Syria rebels keep up offensive on Aleppo
Syrian insurgents have kept up their shelling of government-controlled areas of Aleppo, killing at least seven people, including three children, state TV reported.
They pushed their way with car bombs and tanks into new territory in the western part of the city with the Syrian government claiming the opposition fighters used toxic gas.
The attacks raised the death toll in the three-day old offensive to at least 41 civilians, including 16 children, according to the Britain-based Syrian Observatory for Human Rights.
United Nations Envoy for Syria Staffan de Mistura said he was "appalled and shocked by the high number of rockets indiscriminately launched" on civilian suburbs of government-held Aleppo.
"Those who argue that this is meant to relieve the siege of eastern Aleppo should be reminded that nothing justifies the use of disproportionate and indiscriminate weapons, including heavy ones, on civilian areas and it could amount to war crimes," Mr De Mistura said.
Sunday's shelling came on the third day of the insurgent offensive that aims to breach a government siege on Aleppo's rebel-held eastern districts, apparently aiming to push out government troops from frontline areas.
A tight siege has been in place since July, trapping nearly 275,000 civilians in eastern rebel-held Aleppo. The dividing lines between government-held and rebel-controlled Aleppo are often streets lined with deserted buildings or extended plastic sheets to mark rival turfs.
Russia and the Syrian government have halted their airstrikes on the eastern rebel-held part of Aleppo since last week to allow for evacuation of wounded and civilians. But no evacuation took place and efforts to allow medical and food supplies into the besieged area also faltered. Meanwhile, pro-government troops kept up a ground offensive against rebel-held areas.

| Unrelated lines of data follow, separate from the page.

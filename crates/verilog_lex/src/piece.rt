//! What stands first in some bytes: white space, a comment, or a token.
ghost use Rattle.std.specs.Prelude.{◌≡◌, ◌∷◌, ◌<◌, false, length, IfSome, IfNone};
ghost use Rattle.verilog_text.specs.VTokens.{HasNoEnd};
ghost use Rattle.verilog_lex.specs.Scanning.{IsEndAt, IsPiece, begins_comment};

use crate::front::token_at;
use crate::run::{Class, run_len};
use crate::token::Token;

/// What stands first in some bytes.
#[derive(Clone, Copy)]
pub enum Piece<'a> {
    /// White space, or a comment with its end, of so many bytes.
    Space(usize),
    /// A comment that ends with the bytes.
    LastComment,
    /// A token, of so many bytes.
    Word(Token<'a>, usize),
    /// None of these.
    Nothing,
}

/// What stands first in the bytes, which are not empty.
pub fn piece_at(bytes: &[u8]) -> Piece<'_>
    requires { 0 < length bytes.now }
    ensures { IsPiece bytes.now result }
{
    let white = run_len(bytes, Class::White);
    if white > 0 {
        return Piece::Space(white);
    }
    if let Some(comment) = comment_at(bytes) {
        return comment;
    }
    match token_at(bytes) {
        Some(front) => Piece::Word(front.token, front.len),
        None => Piece::Nothing,
    }
}

/// The comment with which the bytes begin, if `//` or `/*` stands first.
fn comment_at(bytes: &[u8]) -> Option<Piece<'_>>
    ensures some { IfSome result (IsPiece bytes.now) }
    ensures none { IfNone result (begins_comment bytes.now ≡ false) }
{
    match bytes {
        [b'/', b'/', line @ ..] => Some(line_comment(line)),
        [b'/', b'*', inside @ ..] => Some(block_comment(inside)),
        _ => None,
    }
}

/// The comment whose bytes behind `//` begin here.
fn line_comment(line: &[u8]) -> Piece<'_>
    ensures { IsPiece (47 ∷ 47 ∷ line.now) result }
{
    let len = run_len(line, Class::Line);
    if len < line.len() {
        Piece::Space(2 + len + 1)
    } else {
        Piece::LastComment
    }
}

/// The comment whose bytes behind `/*` begin here, where it has an end.
fn block_comment(inside: &[u8]) -> Piece<'_>
    ensures { IsPiece (47 ∷ 42 ∷ inside.now) result }
{
    let Some(len) = end_of(inside) else {
        return Piece::Nothing;
    };
    Piece::Space(2 + len + 2)
}

/// Behind how many bytes the first `*/` stands.
fn end_of(inside: &[u8]) -> Option<usize>
    ensures some { IfSome result (IsEndAt inside.now) }
    ensures none { IfNone result (HasNoEnd inside.now) }
{
    for n in 1..inside.len() {
        if inside[n - 1] == b'*' && inside[n] == b'/' {
            return Some(n - 1);
        }
    }
    None
}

Ibrahim al-Haj, a member of the first responders team, the Syrian Civil Defence that operates in rebel-held Aleppo, said government artillery shelling killed three people and wounded seven on Sunday.

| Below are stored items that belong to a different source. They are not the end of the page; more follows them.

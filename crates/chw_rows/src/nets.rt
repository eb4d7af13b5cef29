//! Rows of `run` and `simulate`: a Verilog text or a description and a stimulus, with `%%` between
//! them.
use crate::run::{Fails, NONE, Shown, put_run};
use chw_base::{Name, NoMemory, Or};
use row_tables::{Unread, bytes_of, words_of};
use std::alloc::Global;

/// Writes what is answered to a command on the two texts.
pub fn put_net(
    alloc: Global,
    command: &str,
    row: &str,
    out: &mut Vec<u8>,
) -> Result<(), Or<Unread>> {
    let words = words_on_files(alloc, command)?;
    put_on_files(alloc, words.as_slice(), row, &NONE, Shown::Text, out)
}

/// Writes what is answered to a command where the calls with these numbers fail, a minus for none:
/// of the shelf, of the text and of the line.
pub fn put_failing(alloc: Global, row: &str, out: &mut Vec<u8>) -> Result<(), Or<Unread>> {
    let (command, row) = row.split_once(' ').ok_or(Or::Fault(Unread))?;
    let (fails, texts) = fails_of(row)?;
    let words = words_on_files(alloc, command)?;
    put_on_files(alloc, words.as_slice(), texts, &fails, Shown::Length, out)
}

/// Writes what is answered to the words between quotation marks where such calls fail.
pub fn put_failing_words(alloc: Global, row: &str, out: &mut Vec<u8>) -> Result<(), Or<Unread>> {
    let (fails, row) = fails_of(row)?;
    let words = words_of(alloc, row)?;
    let texts = texts_behind(row)?;
    put_on_files(alloc, words.as_slice(), texts, &fails, Shown::Length, out)
}

// The numbers of the calls that fail, and what stands behind them.
fn fails_of(row: &str) -> Result<(Fails, &str), Or<Unread>> {
    let (shelf, row) = row.split_once(' ').ok_or(Or::Fault(Unread))?;
    let (text, row) = row.split_once(' ').ok_or(Or::Fault(Unread))?;
    let (line, row) = row.split_once(' ').ok_or(Or::Fault(Unread))?;
    let fails = Fails {
        shelf: shelf.parse::<u32>().ok(),
        out: text.parse::<u32>().ok(),
        err: line.parse::<u32>().ok(),
    };
    Ok((fails, row))
}

/// Writes what is answered to the words between quotation marks, where the texts after them are in
/// the files `v` and `s`.
pub fn put_words_on_files(alloc: Global, row: &str, out: &mut Vec<u8>) -> Result<(), Or<Unread>> {
    let words = words_of(alloc, row)?;
    let texts = texts_behind(row)?;
    put_on_files(alloc, words.as_slice(), texts, &NONE, Shown::Text, out)
}

// What stands behind the words of a row.
fn texts_behind(row: &str) -> Result<&str, Or<Unread>> {
    let (_, texts) = row.rsplit_once('"').ok_or(Or::Fault(Unread))?;
    Ok(texts.trim_start())
}

// Writes what is answered to words, where the two texts of a row are in the files `v` and `s`.
fn put_on_files(
    alloc: Global,
    words: &[Name],
    row: &str,
    fails: &Fails,
    shown: Shown,
    out: &mut Vec<u8>,
) -> Result<(), Or<Unread>> {
    let (text, stimulus) = texts_of(alloc, row)?;
    let mut files = Vec::new(alloc);
    files.push((Name::copy_of(alloc, b"v")?, text))?;
    files.push((Name::copy_of(alloc, b"s")?, stimulus))?;
    Ok(put_run(alloc, words, files, fails, shown, out)?)
}

/// The two texts of a row.
pub fn texts_of(alloc: Global, row: &str) -> Result<(Vec<u8>, Vec<u8>), Or<Unread>> {
    let (text, stimulus) = row.split_once(" %%").ok_or(Or::Fault(Unread))?;
    let text = bytes_of(alloc, text)?;
    let stimulus = bytes_of(alloc, stimulus.trim_start())?;
    Ok((text, stimulus))
}

/// The words of a command on the files that it reads: `v`, and `s` where it reads a stimulus.
pub fn words_on(alloc: Global, command: &str) -> Result<Vec<Name>, NoMemory> {
    if command == "run" || command == "simulate" {
        return words_on_files(alloc, command);
    }
    let mut words = Vec::new(alloc);
    words.push(Name::copy_of(alloc, command.as_bytes())?)?;
    words.push(Name::copy_of(alloc, b"v")?)?;
    Ok(words)
}

// The words of a command on the files `v` and `s`.
fn words_on_files(alloc: Global, command: &str) -> Result<Vec<Name>, NoMemory> {
    let mut words = Vec::new(alloc);
    words.push(Name::copy_of(alloc, command.as_bytes())?)?;
    words.push(Name::copy_of(alloc, b"v")?)?;
    words.push(Name::copy_of(alloc, b"s")?)?;
    Ok(words)
}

The cycle of violence in the contested city has only escalated after US-Russia efforts failed to secure an internationally monitored ceasefire.

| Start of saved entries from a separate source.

//! One run of `top` over a shelf and sinks in memory.
use chw_base::{MemShelf, MemSink, Name, NoMemory};
use chw_cli::top::top;
use row_tables::{put, put_number};
use std::alloc::Global;

/// The call of each object that fails, by its number from 0, if one does.
#[derive(Clone, Copy)]
pub struct Fails {
    pub shelf: Option<u32>,
    pub out: Option<u32>,
    pub err: Option<u32>,
}

/// No call fails.
pub const NONE: Fails = Fails {
    shelf: None,
    out: None,
    err: None,
};

/// What is shown of the text that a run writes.
#[derive(Clone, Copy)]
pub enum Shown {
    Text,
    Length,
    Nothing,
}

/// Writes what `top` answers: its status, its line, and what is to be shown of the text that it
/// writes.
pub fn put_run(
    alloc: Global,
    words: &[Name],
    files: Vec<(Name, Vec<u8>)>,
    fails: &Fails,
    shown: Shown,
    answer: &mut Vec<u8>,
) -> Result<(), NoMemory> {
    let mut shelf = MemShelf::new(files, failing(alloc, fails.shelf)?);
    let mut out = MemSink::new(alloc, failing(alloc, fails.out)?);
    let mut err = MemSink::new(alloc, failing(alloc, fails.err)?);
    let status = top(alloc, words, &mut shelf, &mut out, &mut err);
    put_number(answer, "", u32::from(status.code()))?;
    put_lines(answer, " ", err.bytes())?;
    match shown {
        Shown::Text => put_lines(answer, "\n", out.bytes()),
        Shown::Length => put_length(answer, out.bytes()),
        Shown::Nothing => Ok(()),
    }
}

/// The one file of a text.
pub fn one_file(alloc: Global, name: &str, text: &[u8]) -> Result<Vec<(Name, Vec<u8>)>, NoMemory> {
    let mut files = Vec::new(alloc);
    files.push((
        Name::copy_of(alloc, name.as_bytes())?,
        Vec::from_slice(alloc, text)?,
    ))?;
    Ok(files)
}

// The calls that fail: this one, or none.
fn failing(alloc: Global, call: Option<u32>) -> Result<Vec<u32>, NoMemory> {
    let mut calls = Vec::new(alloc);
    if let Some(call) = call {
        calls.push(call)?;
    }
    Ok(calls)
}

// Writes how many bytes a text has.
fn put_length(answer: &mut Vec<u8>, text: &[u8]) -> Result<(), NoMemory> {
    put_number(answer, "; ", chw_base::narrow(text.len())?)?;
    put(answer, " bytes")
}

// Writes lines after a sign and without the last line feed, and a word of that where there is none.
fn put_lines(answer: &mut Vec<u8>, sign: &str, lines: &[u8]) -> Result<(), NoMemory> {
    match lines {
        [] => Ok(()),
        [lines @ .., b'\n'] => {
            put(answer, sign)?;
            put_ends(answer, lines)
        }
        _ => {
            put(answer, sign)?;
            put_ends(answer, lines)?;
            put(answer, " without a line feed")
        }
    }
}

// Writes a text, or its ends where it is very long.
fn put_ends(answer: &mut Vec<u8>, text: &[u8]) -> Result<(), NoMemory> {
    if text.len() <= 4_000 {
        return Ok(answer.extend_from_slice(text)?);
    }
    answer.extend_from_slice(&text[..24])?;
    put(answer, "..")?;
    Ok(answer.extend_from_slice(&text[text.len() - 24..])?)
}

"The civilians of both sides of Aleppo have suffered enough due to futile but lethal attempts of subduing the city of Aleppo," Mr De Mistura said. "They now need and deserve a stable ceasefire covering this ancient city of Syria."
Opposition fighters also advanced into the frontline district of al-Hamadaniyeh where Syrian state news agency SANA said 48 people were later treated for breathing difficulties. Rebels denied using chemcial weapons.
A Syrian military official said the government was reinforcing its positions in and around the city to repel rebel advances.
The Observatory director Rami Abdurrahman said about 1,000 government artillery troops arrived in Aleppo from central Syria on Saturday to take part in the counter offensive.